- Opening Delimiter -
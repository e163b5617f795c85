//! What is told of a configuration, fact by fact.
use cosem_data::cell::CellRef;
use cosem_data::name::LogicalName;
use flow_map::words::{access_word, reach_word};
use meter_theory::flow::{Access, Edge, Reach};
use std::fmt;
use value_text::cell::CellText;
use value_text::edge::EdgeText;

/// What may be told of a configuration (own profile). A client is told by its name, an object by its class and name.
#[derive(Clone, Copy)]
pub enum Fact<'a> {
    /// The client may influence or learn the cell, or the policy allows it.
    Reaches {
        client: &'a str,
        reach: Reach,
        cell: CellRef,
    },
    /// The client's view has the object.
    Views {
        client: &'a str,
        class_id: u16,
        object: LogicalName,
    },
    /// A right of the client allows a GET or SET of the attribute, or an ACTION of the method.
    Holds {
        client: &'a str,
        access: Access,
        member: CellRef,
    },
    /// The client has this service access point.
    HasSap {
        client: &'a str,
        sap: u8,
    },
    /// The client needs no password.
    IsOpen {
        client: &'a str,
    },
    /// There is such a cell.
    HasCell(CellRef),
    /// There is such an edge.
    HasEdge(Edge),
}

/// Words between single spaces, of which the first is the client's name where the fact is a client's own.
impl fmt::Display for Fact<'_> {
    ghost use Rattle.std.specs.Prelude.{Some};
    ghost use Rattle.flow_changes.specs.Facts.{fact_text};
    ghost use Rattle.flow_changes.specs.Shown.{shown};

    ghost output = { λ fact. Some (fact_text (shown fact)) };

    fn fmt<W: fmt::Write>(&self, f: &mut fmt::Formatter<W>) -> fmt::Result {
        match *self {
            Fact::Reaches {
                client,
                reach,
                cell,
            } => write!(f, "{client} {} {}", reach_word(reach), CellText(cell)),
            Fact::Views {
                client,
                class_id,
                object,
            } => write!(f, "{client} view {class_id}/{object}"),
            Fact::Holds {
                client,
                access,
                member,
            } => write!(f, "{client} {} {}", access_word(access), CellText(member)),
            Fact::HasSap { client, sap } => write!(f, "{client} sap {sap}"),
            Fact::IsOpen { client } => write!(f, "{client} open"),
            Fact::HasCell(cell) => write!(f, "{}", CellText(cell)),
            Fact::HasEdge(edge) => write!(f, "{}", EdgeText(edge)),
        }
    }
}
- Closing Delimiter -
--- WHAT IS REQUIRED ---
Read the data above. Pull out each line in which the string "CellText" appears.

--- SOLUTION TO THIS PROBLEM ---
use value_text::cell::CellText;
            } => write!(f, "{client} {} {}", reach_word(reach), CellText(cell)),
            } => write!(f, "{client} {} {}", access_word(access), CellText(member)),
            Fact::HasCell(cell) => write!(f, "{}", CellText(cell)),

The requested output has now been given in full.